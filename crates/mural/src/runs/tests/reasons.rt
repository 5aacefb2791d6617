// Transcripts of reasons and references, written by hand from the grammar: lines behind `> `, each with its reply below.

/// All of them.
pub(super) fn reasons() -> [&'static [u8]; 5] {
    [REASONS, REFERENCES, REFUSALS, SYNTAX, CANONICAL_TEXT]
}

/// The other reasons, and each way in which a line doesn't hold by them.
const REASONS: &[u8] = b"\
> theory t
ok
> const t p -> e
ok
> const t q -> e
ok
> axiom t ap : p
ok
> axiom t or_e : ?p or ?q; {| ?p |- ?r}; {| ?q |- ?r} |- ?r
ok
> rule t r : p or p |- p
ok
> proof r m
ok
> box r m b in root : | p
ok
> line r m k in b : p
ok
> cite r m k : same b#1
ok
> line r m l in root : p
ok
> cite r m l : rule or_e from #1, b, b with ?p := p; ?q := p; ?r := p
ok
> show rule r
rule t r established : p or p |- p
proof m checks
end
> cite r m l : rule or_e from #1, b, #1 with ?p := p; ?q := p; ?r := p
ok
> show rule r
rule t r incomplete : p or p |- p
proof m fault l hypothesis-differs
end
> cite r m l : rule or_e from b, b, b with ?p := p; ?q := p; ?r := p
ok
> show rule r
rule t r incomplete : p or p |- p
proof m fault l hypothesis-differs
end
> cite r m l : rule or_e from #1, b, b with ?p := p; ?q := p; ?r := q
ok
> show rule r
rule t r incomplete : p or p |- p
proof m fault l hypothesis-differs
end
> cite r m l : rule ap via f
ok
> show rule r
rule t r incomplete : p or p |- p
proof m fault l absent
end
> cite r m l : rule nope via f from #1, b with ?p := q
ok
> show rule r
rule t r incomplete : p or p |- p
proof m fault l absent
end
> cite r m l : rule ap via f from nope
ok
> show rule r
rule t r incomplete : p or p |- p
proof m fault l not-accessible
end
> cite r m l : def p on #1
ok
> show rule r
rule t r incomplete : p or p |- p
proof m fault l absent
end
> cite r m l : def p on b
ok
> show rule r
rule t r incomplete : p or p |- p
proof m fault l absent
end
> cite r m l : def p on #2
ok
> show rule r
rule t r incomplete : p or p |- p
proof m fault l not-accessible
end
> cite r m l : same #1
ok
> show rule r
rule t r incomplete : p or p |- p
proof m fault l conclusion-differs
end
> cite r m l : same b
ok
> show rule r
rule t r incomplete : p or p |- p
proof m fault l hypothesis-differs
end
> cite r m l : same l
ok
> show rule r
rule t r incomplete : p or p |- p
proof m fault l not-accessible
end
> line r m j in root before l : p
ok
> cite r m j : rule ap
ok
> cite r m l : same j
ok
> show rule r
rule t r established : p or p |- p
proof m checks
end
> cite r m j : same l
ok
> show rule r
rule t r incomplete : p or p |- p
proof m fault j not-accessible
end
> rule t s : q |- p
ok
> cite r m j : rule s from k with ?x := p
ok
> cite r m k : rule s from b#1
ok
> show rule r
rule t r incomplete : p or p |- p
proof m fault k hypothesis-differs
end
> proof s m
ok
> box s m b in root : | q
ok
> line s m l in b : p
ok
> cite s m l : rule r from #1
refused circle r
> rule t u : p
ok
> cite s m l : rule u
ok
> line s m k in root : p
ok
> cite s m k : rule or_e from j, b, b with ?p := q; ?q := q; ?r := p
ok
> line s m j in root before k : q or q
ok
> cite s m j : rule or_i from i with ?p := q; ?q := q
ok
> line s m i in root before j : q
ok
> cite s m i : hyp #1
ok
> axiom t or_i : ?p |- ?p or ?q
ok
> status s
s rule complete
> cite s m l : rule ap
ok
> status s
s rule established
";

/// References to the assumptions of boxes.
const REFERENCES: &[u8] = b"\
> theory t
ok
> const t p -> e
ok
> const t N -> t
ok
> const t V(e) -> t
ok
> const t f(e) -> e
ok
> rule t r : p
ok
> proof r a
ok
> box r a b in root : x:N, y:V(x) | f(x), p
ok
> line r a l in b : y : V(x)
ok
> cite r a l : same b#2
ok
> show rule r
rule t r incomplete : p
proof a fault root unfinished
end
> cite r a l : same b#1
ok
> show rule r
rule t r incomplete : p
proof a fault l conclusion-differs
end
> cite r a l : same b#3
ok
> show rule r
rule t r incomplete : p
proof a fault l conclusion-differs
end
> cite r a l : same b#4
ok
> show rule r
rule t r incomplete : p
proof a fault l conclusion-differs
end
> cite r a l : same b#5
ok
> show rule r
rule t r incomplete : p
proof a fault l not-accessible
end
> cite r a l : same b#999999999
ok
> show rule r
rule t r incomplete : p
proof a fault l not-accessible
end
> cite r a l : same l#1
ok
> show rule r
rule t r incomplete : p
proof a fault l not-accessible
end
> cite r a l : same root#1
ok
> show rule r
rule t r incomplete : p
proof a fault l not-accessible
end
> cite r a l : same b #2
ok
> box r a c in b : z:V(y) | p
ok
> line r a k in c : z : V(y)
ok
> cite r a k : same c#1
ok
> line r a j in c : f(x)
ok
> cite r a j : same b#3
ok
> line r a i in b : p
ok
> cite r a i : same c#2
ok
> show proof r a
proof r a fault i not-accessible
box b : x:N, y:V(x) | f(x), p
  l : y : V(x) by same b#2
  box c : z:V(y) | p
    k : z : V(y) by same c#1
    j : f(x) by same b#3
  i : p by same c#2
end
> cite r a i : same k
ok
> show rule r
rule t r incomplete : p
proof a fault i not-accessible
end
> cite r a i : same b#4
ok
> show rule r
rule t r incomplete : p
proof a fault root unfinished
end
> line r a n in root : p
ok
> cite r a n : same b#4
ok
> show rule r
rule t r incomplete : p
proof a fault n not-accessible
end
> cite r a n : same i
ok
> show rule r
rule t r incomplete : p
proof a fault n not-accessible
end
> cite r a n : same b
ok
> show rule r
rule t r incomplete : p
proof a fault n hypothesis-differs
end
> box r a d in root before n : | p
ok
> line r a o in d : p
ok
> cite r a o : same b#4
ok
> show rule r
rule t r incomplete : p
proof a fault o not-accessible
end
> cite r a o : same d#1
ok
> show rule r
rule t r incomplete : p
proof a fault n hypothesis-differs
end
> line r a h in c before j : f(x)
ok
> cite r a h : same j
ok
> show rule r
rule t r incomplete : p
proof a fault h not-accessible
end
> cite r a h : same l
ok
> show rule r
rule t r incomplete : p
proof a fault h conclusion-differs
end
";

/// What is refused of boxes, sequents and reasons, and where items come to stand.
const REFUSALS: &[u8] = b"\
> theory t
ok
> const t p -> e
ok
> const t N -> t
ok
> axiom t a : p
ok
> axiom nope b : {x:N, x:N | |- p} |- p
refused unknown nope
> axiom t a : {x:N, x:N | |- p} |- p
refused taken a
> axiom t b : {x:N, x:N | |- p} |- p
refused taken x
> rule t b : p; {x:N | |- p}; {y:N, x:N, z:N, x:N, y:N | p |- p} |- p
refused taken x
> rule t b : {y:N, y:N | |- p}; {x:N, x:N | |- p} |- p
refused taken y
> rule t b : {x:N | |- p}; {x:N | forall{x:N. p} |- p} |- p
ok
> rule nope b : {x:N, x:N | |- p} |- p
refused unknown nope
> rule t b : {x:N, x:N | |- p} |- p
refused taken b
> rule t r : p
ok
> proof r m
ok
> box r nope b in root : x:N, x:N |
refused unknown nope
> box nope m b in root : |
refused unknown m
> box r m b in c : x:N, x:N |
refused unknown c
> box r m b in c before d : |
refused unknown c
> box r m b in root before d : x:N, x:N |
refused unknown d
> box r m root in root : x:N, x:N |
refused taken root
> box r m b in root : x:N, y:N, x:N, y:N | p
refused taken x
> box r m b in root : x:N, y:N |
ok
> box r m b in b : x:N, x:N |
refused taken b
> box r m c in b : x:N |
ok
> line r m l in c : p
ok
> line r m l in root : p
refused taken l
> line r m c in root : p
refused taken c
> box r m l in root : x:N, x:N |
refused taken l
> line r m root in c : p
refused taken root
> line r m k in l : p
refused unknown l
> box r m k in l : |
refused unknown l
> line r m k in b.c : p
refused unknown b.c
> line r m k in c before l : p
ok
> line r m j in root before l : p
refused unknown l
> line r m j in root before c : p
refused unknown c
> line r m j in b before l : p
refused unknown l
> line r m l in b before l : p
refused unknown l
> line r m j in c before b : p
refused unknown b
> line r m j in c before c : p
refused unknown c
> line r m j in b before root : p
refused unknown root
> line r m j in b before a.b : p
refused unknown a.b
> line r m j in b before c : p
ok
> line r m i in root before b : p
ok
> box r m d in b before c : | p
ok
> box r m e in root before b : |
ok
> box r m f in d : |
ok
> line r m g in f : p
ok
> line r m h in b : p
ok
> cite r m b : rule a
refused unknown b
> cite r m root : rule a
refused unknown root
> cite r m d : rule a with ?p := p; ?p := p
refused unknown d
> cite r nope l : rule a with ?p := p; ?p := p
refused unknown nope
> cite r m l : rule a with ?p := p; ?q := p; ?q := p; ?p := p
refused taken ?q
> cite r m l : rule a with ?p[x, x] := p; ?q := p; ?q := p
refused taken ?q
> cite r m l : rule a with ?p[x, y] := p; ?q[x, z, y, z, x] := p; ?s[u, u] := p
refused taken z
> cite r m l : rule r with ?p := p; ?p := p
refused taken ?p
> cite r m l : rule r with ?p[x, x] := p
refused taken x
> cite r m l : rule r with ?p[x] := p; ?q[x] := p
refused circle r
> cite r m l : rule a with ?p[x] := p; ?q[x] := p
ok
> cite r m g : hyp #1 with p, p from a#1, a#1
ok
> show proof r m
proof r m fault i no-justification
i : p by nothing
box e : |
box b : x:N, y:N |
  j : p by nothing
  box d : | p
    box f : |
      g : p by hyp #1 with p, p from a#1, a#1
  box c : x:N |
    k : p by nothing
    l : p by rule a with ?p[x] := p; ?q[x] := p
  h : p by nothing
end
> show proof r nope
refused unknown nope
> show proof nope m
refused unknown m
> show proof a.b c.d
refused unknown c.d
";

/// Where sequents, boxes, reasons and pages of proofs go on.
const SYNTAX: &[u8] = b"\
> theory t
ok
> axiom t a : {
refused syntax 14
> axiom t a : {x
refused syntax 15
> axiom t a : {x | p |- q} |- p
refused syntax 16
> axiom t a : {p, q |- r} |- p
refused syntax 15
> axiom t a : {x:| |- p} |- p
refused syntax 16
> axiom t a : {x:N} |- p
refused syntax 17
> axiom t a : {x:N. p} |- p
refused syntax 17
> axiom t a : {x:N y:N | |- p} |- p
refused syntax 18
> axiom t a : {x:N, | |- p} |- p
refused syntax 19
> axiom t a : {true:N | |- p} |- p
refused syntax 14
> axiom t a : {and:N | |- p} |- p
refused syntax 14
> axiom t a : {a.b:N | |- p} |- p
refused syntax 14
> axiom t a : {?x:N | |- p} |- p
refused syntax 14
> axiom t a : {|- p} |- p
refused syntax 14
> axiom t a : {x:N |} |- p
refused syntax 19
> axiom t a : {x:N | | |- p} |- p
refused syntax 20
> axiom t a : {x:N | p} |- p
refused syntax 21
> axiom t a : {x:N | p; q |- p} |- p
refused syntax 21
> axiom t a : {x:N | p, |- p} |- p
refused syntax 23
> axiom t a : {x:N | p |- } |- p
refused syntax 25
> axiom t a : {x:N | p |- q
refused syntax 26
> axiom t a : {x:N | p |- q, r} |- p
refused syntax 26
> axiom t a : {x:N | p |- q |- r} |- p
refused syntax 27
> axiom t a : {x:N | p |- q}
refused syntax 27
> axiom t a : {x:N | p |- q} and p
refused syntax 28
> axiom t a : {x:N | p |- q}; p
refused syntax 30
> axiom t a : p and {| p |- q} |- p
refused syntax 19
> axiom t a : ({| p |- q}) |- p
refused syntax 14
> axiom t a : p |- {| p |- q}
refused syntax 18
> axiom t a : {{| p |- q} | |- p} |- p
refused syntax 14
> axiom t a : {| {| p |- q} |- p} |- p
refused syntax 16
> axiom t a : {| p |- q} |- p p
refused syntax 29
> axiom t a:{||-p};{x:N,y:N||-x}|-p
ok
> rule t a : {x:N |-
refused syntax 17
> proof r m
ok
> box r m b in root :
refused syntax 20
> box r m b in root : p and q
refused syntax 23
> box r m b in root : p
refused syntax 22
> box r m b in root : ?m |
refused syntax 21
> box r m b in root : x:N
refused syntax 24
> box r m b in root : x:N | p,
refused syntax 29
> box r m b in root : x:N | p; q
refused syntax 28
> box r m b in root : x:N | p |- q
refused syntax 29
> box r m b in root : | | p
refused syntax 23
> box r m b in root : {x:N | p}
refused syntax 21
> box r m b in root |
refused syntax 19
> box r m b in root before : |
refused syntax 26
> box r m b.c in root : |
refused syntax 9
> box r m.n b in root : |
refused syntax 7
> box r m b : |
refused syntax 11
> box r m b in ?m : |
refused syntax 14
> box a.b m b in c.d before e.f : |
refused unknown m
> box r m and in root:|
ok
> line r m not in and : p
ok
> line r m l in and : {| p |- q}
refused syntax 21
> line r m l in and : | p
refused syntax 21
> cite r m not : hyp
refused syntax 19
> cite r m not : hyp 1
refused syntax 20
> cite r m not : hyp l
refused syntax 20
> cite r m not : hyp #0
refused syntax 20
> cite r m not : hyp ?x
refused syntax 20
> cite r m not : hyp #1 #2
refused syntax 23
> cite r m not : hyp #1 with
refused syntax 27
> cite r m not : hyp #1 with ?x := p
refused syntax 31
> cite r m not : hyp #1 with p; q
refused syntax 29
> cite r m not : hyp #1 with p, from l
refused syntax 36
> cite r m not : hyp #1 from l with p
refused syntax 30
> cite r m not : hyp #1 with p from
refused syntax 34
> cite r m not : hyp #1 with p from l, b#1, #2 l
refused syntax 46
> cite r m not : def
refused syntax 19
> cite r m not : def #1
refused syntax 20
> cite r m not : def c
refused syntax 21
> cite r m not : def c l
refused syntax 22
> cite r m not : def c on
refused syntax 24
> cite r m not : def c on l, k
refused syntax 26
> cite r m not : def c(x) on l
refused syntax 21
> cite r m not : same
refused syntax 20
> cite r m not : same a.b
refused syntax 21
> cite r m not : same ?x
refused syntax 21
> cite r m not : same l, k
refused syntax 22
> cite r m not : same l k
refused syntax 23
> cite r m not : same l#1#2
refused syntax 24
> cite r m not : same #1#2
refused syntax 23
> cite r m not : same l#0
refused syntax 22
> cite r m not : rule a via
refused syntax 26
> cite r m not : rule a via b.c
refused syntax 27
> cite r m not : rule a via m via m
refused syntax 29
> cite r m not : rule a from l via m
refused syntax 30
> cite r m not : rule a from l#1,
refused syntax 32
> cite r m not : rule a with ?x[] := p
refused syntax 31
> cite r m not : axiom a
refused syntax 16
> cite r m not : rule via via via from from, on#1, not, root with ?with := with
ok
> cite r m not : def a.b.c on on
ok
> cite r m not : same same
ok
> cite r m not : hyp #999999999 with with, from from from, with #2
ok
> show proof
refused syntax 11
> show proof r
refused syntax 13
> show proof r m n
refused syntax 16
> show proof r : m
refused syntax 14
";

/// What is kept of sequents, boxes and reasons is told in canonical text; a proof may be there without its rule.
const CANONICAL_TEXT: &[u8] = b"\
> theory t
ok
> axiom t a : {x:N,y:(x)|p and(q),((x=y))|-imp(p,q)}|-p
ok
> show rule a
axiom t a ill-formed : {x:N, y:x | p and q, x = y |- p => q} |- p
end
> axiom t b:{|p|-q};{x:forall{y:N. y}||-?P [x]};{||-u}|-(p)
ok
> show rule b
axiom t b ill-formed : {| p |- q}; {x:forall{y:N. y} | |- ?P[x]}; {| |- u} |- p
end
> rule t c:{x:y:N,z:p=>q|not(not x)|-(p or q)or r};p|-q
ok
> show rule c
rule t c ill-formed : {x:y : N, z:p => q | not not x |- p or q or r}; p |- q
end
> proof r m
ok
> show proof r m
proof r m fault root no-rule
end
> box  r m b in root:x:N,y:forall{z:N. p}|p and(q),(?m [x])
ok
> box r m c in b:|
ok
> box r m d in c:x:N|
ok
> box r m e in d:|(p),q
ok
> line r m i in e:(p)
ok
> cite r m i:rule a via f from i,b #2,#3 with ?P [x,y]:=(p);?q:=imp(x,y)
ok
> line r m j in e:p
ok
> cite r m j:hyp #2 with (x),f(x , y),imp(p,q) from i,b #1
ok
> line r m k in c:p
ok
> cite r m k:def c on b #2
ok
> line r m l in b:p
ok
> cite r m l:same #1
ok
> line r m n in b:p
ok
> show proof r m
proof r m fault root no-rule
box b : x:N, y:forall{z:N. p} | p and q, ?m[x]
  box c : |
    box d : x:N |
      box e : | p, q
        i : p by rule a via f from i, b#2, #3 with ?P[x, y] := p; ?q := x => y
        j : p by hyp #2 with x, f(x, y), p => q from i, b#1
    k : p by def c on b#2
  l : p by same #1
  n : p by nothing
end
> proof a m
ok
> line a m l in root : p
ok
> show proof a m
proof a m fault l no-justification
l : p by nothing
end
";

_ _ _ _ _

● **Work instruction**
Take the lines from the first line of the listing to the line containing "pub(super) fn reasons()". Please print them exactly, ends included, with nothing else.

● **Solution for this task**
filename crates/mural/src/runs/tests/reasons.rt
repository 5aacefb2791d6617
// Transcripts of reasons and references, written by hand from the grammar: lines behind `> `, each with its reply below.

/// All of them.
pub(super) fn reasons() -> [&'static [u8]; 5] {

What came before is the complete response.